Z niewielkiego zbiornika koło Choruli wędkarze wyłowili od 8 sierpnia, czyli w ciągu zaledwie kilku dni, aż siedem sztuk egzotycznych ryb. W tej żwirowni kąpią się dzieci, a te ryby mogą być agresywne!
Wędkarz za pierwszym razem złapał dwie piranie o długości 25 i 27 centymetrów, trzecia przegryzła żyłkę i uciekła. Kolejny raz złapał kolejne dwie, mierzące 28 i 30 centymetrów.
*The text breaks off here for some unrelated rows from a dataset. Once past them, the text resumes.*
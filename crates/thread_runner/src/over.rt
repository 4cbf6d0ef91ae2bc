//! Jobs, each with the engine of its pass, and the engine of the service.
//!
//! 1. They come back in the order in which they were given, whichever thread ran them.

use job_runner::Job;

/// The jobs of a run on several threads.
#[derive(Drop)]
pub struct JobsOver<E> {
    /// Each with the engine that it ran on.
    pub jobs: Vec<(Job, E)>,
    /// The engine that took the turns of the service.
    pub service: E,
}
Inny wędkarza w tym samym zbiorniku złapali jeszcze trzy podobne sztuki.
Skąd piranie w Polskich wodach
Musiał je wypuścić jakiś nieodpowiedzialny hodowca. Urosły zbyt duże i nie mieściły się w akwarium - komentują wędkarze.
To nie pierwszy przypadek na terenie Opolszczyzny. W 2010 roku w Nysie na rzece Nysie Kłodzkiej złowiono kilka sztuk. W kolejnych sezonach, po zimie, tej ryby już nie odławiano. Ryby mogą być agresywne. Gatunek występuje naturalnie w słodkich wodach Ameryki Południowej. Przeciętnie osiąga wielkość 35 centymetrów. Piranie żyją w ławicach, atakują gromadnie, przyciąga je zapach krwi.
Polski Związek Wędkarski monitoruje sytuację. Kierownictwo uważa, że na razie nie ma potrzeby, by organizować odławianie z sieciami, ponieważ to powoduje szkody dla innych gatunków.